Retype the whole listing exactly.

###

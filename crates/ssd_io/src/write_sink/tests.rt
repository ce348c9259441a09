use super::WriteSink;
use crate::tests::Faulty;
use crate::{Failed, Sink};

// A write that fails is counted and not made again; the next one works.
#[test]
fn a_failed_write_is_counted_once(rt: HostRuntime) {
    let mut written = Vec::new(rt.alloc());
    let mut sink = WriteSink::new(Faulty {
        inner: &mut written,
        calls: 0,
        fails: 1,
    });
    assert_eq!(rt; sink.write(b"ab"), Err(Failed));
    assert_eq!(rt; sink.faults, 1);
    assert_eq!(rt; sink.write(b"ab"), Ok(1));
    assert_eq!(rt; sink.faults, 1);
    assert_eq!(rt; written.as_slice(), b"a".as_slice());
}
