ghost use Rattle.std.specs.Prelude.{◌≡◌, ◌≤◌, length, option_copied};
ghost use Rattle.ssd_geo.specs.Coding.{word_bytes_in};
ghost use Rattle.ssd_geo.specs.Limits.{payload_bytes_of};
ghost use Rattle.ssd_geo.specs.PageHead.{are_zeros, data_of_word, head_of_page, payload_of_page};
ghost use Rattle.ssd_geo.specs.Shape.{sizes_of};

use byteorder::{ByteOrder, LittleEndian};
use ssd_geo::Shape;

// The bytes of a head: a serial of eight, a row of four, and the mark.
const HEAD: usize = 16;

// The head of a page.
fn head_of(serial: u64, row: u32) -> [u8; HEAD]
    ensures bytes { result ≡ head_of_page serial row }
    ensures length { length result ≡ HEAD }
{
    let mut head = *b"............PGE1";
    LittleEndian::write_u64(&mut head[..8], serial);
    LittleEndian::write_u32(&mut head[8..12], row);
    head
}

/// Writes the payload of a page: its head, its data bytes, and zeros up to the payload's length.
pub fn payload_into(shape: &Shape, serial: u64, row: u32, bytes: &[u8], out: &mut [u8])
    requires bytes { length bytes.now ≡ shape.now.bytes }
    requires out { length out.old ≡ payload_bytes_of (sizes_of shape.now) }
    ensures { out.new
        ≡ payload_of_page (payload_bytes_of (sizes_of shape.now)) serial row bytes.now }
{
    // The limits of a shape leave room for a head beside the data bytes.
    let (head, rest) = out.split_at_mut(HEAD);
    let (data, zeros) = rest.split_at_mut(bytes.len());
    head.copy_from_slice(&head_of(serial, row));
    data.copy_from_slice(bytes);
    zeros.fill(0);
}

fn is_zeros(bytes: &[u8]) -> bool
    ensures { result ≡ are_zeros bytes.now }
{
    bytes.iter().all(|byte| *byte == 0)
}

/// The data bytes of a word, where it begins with a payload of this serial and row.
pub fn payload_of<'a>(shape: &Shape, word: &'a [u8], serial: u64, row: u32) -> Option<&'a [u8]>
    requires { length word.now ≡ word_bytes_in shape.now }
    ensures { option_copied result
        ≡ data_of_word (payload_bytes_of (sizes_of shape.now)) shape.now.bytes serial row word.now }
{
    let data_end = HEAD + shape.bytes as usize;
    let rest = &word[data_end..shape.payload_bytes()];
    if word.starts_with(&head_of(serial, row)) && is_zeros(rest) {
        Some(&word[HEAD..data_end])
    } else {
        None
    }
}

###

Written answer
filename crates/ssd_io/src/write_sink/tests.rt
repository ce348c9259441a09
use super::WriteSink;
use crate::tests::Faulty;
use crate::{Failed, Sink};

// A write that fails is counted and not made again; the next one works.
#[test]
fn a_failed_write_is_counted_once(rt: HostRuntime) {
    let mut written = Vec::new(rt.alloc());
    let mut sink = WriteSink::new(Faulty {
        inner: &mut written,
        calls: 0,
        fails: 1,
    });
    assert_eq!(rt; sink.write(b"ab"), Err(Failed));
    assert_eq!(rt; sink.faults, 1);
    assert_eq!(rt; sink.write(b"ab"), Ok(1));
    assert_eq!(rt; sink.faults, 1);
    assert_eq!(rt; written.as_slice(), b"a".as_slice());
}
ghost use Rattle.std.specs.Prelude.{◌≡◌, ◌≤◌, length, option_copied};
ghost use Rattle.ssd_geo.specs.Coding.{word_bytes_in};
ghost use Rattle.ssd_geo.specs.Limits.{payload_bytes_of};
ghost use Rattle.ssd_geo.specs.PageHead.{are_zeros, data_of_word, head_of_page, payload_of_page};
ghost use Rattle.ssd_geo.specs.Shape.{sizes_of};

use byteorder::{ByteOrder, LittleEndian};
use ssd_geo::Shape;

// The bytes of a head: a serial of eight, a row of four, and the mark.
const HEAD: usize = 16;

// The head of a page.
fn head_of(serial: u64, row: u32) -> [u8; HEAD]
    ensures bytes { result ≡ head_of_page serial row }
    ensures length { length result ≡ HEAD }
{
    let mut head = *b"............PGE1";
    LittleEndian::write_u64(&mut head[..8], serial);
    LittleEndian::write_u32(&mut head[8..12], row);
    head
}

/// Writes the payload of a page: its head, its data bytes, and zeros up to the payload's length.
pub fn payload_into(shape: &Shape, serial: u64, row: u32, bytes: &[u8], out: &mut [u8])
    requires bytes { length bytes.now ≡ shape.now.bytes }
    requires out { length out.old ≡ payload_bytes_of (sizes_of shape.now) }
    ensures { out.new
        ≡ payload_of_page (payload_bytes_of (sizes_of shape.now)) serial row bytes.now }
{
    // The limits of a shape leave room for a head beside the data bytes.
    let (head, rest) = out.split_at_mut(HEAD);
    let (data, zeros) = rest.split_at_mut(bytes.len());
    head.copy_from_slice(&head_of(serial, row));
    data.copy_from_slice(bytes);
    zeros.fill(0);
}

fn is_zeros(bytes: &[u8]) -> bool
    ensures { result ≡ are_zeros bytes.now }
{
    bytes.iter().all(|byte| *byte == 0)
}

/// The data bytes of a word, where it begins with a payload of this serial and row.
pub fn payload_of<'a>(shape: &Shape, word: &'a [u8], serial: u64, row: u32) -> Option<&'a [u8]>
    requires { length word.now ≡ word_bytes_in shape.now }
    ensures { option_copied result
        ≡ data_of_word (payload_bytes_of (sizes_of shape.now)) shape.now.bytes serial row word.now }
{
    let data_end = HEAD + shape.bytes as usize;
    let rest = &word[data_end..shape.payload_bytes()];
    if word.starts_with(&head_of(serial, row)) && is_zeros(rest) {
        Some(&word[HEAD..data_end])
    } else {
        None
    }
}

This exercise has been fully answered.